Task objective: The reply should consist of one number, the count of lines below in which the word "system" appears.

[Opening Data excerpts section]

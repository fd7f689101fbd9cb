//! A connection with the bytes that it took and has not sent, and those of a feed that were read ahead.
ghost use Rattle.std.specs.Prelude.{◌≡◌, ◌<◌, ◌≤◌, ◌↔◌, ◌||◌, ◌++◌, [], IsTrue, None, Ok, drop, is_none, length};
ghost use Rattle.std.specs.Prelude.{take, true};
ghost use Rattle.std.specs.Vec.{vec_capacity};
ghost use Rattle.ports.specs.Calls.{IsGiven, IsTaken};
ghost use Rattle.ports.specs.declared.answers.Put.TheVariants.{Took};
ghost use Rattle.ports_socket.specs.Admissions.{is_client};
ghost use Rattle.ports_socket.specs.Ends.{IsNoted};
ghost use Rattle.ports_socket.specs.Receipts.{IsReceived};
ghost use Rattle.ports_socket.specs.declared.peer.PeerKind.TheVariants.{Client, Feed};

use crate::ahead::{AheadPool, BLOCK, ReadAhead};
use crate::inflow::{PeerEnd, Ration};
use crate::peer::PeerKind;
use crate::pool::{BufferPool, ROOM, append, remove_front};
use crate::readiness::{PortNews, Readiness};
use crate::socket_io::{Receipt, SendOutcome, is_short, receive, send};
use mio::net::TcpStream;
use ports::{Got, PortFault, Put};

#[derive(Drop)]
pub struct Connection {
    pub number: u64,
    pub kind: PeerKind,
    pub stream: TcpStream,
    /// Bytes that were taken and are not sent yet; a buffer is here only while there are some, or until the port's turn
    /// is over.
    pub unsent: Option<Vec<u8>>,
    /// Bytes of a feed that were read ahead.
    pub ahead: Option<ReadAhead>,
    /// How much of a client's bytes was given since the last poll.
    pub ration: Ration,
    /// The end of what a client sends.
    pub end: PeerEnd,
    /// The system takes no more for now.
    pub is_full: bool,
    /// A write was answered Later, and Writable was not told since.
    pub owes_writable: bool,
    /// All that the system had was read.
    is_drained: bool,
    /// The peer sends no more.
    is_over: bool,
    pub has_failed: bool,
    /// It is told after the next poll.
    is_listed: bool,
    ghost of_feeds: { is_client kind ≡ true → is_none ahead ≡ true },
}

[Closing Data excerpts section]
[Opening Data excerpts section]

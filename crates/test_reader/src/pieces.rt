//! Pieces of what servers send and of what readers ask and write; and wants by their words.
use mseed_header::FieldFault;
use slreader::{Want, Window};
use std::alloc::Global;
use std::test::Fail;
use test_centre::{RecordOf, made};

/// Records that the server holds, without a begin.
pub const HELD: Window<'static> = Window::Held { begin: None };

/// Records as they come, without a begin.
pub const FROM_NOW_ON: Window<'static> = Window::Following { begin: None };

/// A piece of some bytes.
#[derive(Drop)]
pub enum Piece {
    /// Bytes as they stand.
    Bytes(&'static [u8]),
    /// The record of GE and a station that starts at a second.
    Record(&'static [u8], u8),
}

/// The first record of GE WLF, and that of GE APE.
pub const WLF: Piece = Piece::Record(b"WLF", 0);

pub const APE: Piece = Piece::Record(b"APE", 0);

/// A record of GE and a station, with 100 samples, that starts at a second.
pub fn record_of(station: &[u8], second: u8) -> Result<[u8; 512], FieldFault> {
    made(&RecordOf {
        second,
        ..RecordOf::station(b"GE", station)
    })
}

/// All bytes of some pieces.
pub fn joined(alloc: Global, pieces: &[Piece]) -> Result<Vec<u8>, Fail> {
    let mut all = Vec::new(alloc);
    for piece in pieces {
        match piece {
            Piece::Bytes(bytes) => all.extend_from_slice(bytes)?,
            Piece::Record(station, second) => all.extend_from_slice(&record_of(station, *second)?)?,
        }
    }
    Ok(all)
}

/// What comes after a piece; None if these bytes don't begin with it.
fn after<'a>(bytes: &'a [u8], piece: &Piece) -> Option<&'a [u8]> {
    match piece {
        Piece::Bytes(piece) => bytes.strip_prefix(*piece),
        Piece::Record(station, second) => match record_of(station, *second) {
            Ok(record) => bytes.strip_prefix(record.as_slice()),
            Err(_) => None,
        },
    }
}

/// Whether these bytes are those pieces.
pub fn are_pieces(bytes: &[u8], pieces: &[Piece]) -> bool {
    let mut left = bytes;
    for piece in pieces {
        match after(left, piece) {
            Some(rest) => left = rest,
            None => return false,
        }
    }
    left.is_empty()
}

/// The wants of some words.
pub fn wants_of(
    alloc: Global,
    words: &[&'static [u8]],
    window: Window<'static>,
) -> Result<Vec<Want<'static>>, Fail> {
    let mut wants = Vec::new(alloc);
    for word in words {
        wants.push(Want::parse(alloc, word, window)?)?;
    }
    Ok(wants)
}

[Closing Data excerpts section]

Exercise solution: 2